A good data management practice would be to compile all this relevant information together to live alongside the .tif file. Even better practice would be to follow a template so that all mosaic files have a metadata in the same format, and have this template designed in a manner that is readable both by humans and machines.
This document proposes such a metadata template.
-
Human-friendliness:
- Sufficient information to provide a good overview, but not so much that it is overwhelming and difficult to read or understand.
- Descriptive and unambiguous field names.
- Broken-down in thematic sections.
- Every field to be optional (just fill what you can).

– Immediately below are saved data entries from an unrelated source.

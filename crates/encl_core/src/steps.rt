//! The tests of enclosures as steps of formulas: each leads to a program of one test.
ghost use Rattle.book_model.specs.programs.Calls.{Decides1, Decides2, Follows1};
ghost use Rattle.book_model.specs.programs.Widths.{IsAbout, IsUpTo, IsClose, Measured1, most_apart};
ghost use Rattle.std.specs.Prelude.{◌≡◌, ◌<◌, ◌≤◌, ◌+◌, ◌^◌, ℕ, ℤ, IfOk, IfErr, IsSome, Some};
ghost use Rattle.book_model.specs.numbers.Bounds.{Reach, limits_of};
ghost use Rattle.book_model.specs.numbers.Expressions.{Expression, remainder};
ghost use Rattle.book_model.specs.programs.Leading.{next_turn};
ghost use Rattle.book_model.specs.programs.Programs.{answer, cell, compare, integers, multiples, cell_at, compare_at};
ghost use Rattle.book_model.specs.numbers.Relations.{Narrow};
ghost use Rattle.encl_core.specs.Steps.{IsUndecidedFloor, IsUndecidedLess, IsUndecidedWrap};

use crate::{Enclosure, Trail};
use book_model::{Fail, Site};

/// The greatest whole number that is not above an enclosed number, as a test at a site. It fails exactly where the
/// enclosure leaves the test undecided, and is never void.
pub fn floor_step<E: Enclosure>(x: E, site: Site, trail: &mut Trail) -> Result<i64, Fail>
    ensures leads { Decides1 E.shown (λ e. cell site integers e answer) x trail.old.count
        trail.new.count result }
    ensures decided { IfOk result (λ q. cell_at integers (E.shown x) ≡ Some q) }
    ensures open { IfErr result (IsUndecidedFloor (E.shown x) site) }
    ensures close { (v : ℕ) → v ≤ most_apart site → IsAbout (2 ^ 90) v (E.shown x)
        → IfErr result IsClose }
    ensures counted { trail.new.count ≡ next_turn trail.old.count }
{
    match x.floor(site, trail) {
        Ok(whole) => Ok(whole),
        Err(at) => Err(Fail::Undecided(at)),
    }
}

/// Whether an enclosed number is below another, as a test at a site. It fails exactly where the enclosures leave the
/// test undecided, and is never void.
pub fn less_step<E: Enclosure>(x: E, y: E, site: Site, trail: &mut Trail) -> Result<bool, Fail>
    ensures leads { Decides2 E.shown (λ e f. compare site e f answer) x y trail.old.count
        trail.new.count result }
    ensures decided { IfOk result (λ t. compare_at (E.shown x) (E.shown y) ≡ Some t) }
    ensures open { IfErr result (IsUndecidedLess (E.shown x) (E.shown y) site) }
    ensures close { (v u : ℕ) → v + u ≤ most_apart site → IsAbout (2 ^ 90) v (E.shown x)
        → IsAbout (2 ^ 90) u (E.shown y) → IfErr result IsClose }
    ensures counted { trail.new.count ≡ next_turn trail.old.count }
{
    match x.less(y, site, trail) {
        Ok(is_less) => Ok(is_less),
        Err(at) => Err(Fail::Undecided(at)),
    }
}

/// What an enclosed number is above the greatest multiple of the modulus that is not above it, as a test at a site. It
/// fails exactly where the enclosure leaves the test undecided, and is never void.
pub fn wrap_step<E: Enclosure>(x: E, modulus: u32, site: Site, trail: &mut Trail) -> Result<E, Fail>
    requires { 0 < modulus }
    ensures leads { Follows1 E.shown (λ e. cell site (multiples modulus) e
        (λ q. answer (remainder modulus e q))) x trail.old.count trail.new.count result }
    ensures narrow { IfOk result (λ y. (q : ℤ) (r : Reach) (e : Expression)
        → Narrow E.shown (limits_of E.BITS) r e x → Narrow E.shown (limits_of E.BITS) r
        (remainder modulus e q) y) }
    ensures decided { IfOk result (λ y. IsSome (cell_at (multiples modulus) (E.shown x))) }
    ensures open { IfErr result (IsUndecidedWrap modulus (E.shown x) site) }
    ensures measured { Measured1 E.BITS E.shown (most_apart site) (IsAbout (2 ^ 90))
        (IsUpTo modulus)
        x result }
    ensures counted { trail.new.count ≡ next_turn trail.old.count }
{
    match x.wrap(modulus, site, trail) {
        Ok(rest) => Ok(rest),
        Err(at) => Err(Fail::Undecided(at)),
    }
}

- No requirements on fields format (number, text, boolean, etc.).
-
Machine-friendliness:
- Machine-readable format.
- Version control.
The proposed template is to collate the basic information as pairs of field/value, organized into six thematic sections, or "parent nodes".
Parent node | Description |
---|---|
survey | Information about the survey that produced the dataset |
data | Information about the data that went into the mosaic |
processing | Information about the processing that was applied to the data to produce the mosaic |
mosaic | Information about the mosaic produced |
qualityControl | Information about quality control performed on the mosaic |
metadata | Information about this metadata template |
We list below our proposed sections and field/value pairs. See further below for the implementation.
A section containing the basic information about the survey that produced the dataset from which the mosaic was created:
Parent node | Field | Description | Example |
---|---|---|---|
survey | project | Name of project | MAREANO |
survey | year | Year of survey | 2022 |
survey | client | Name of client | Kartverket |
survey | surveyor | Name of surveyors | Clinton Marine Survey |
survey | site | Name of site | B34 |
survey | vessel | Name of vessel | Northern Storm |
survey | sonarModel | Name of sonar model | Kongsberg EM2040 |
survey | sonarSerialNumber | Serial number of sonar system | 2106 |
survey | comments | Free text field | Surveyed over Aug 21-23, 2022 |
No need to go into too many details here since this information is most likely also present in reports, and bathymetry metadata. In fact, the information in this section can most likely be directly obtained from any existing "acquisition metadata".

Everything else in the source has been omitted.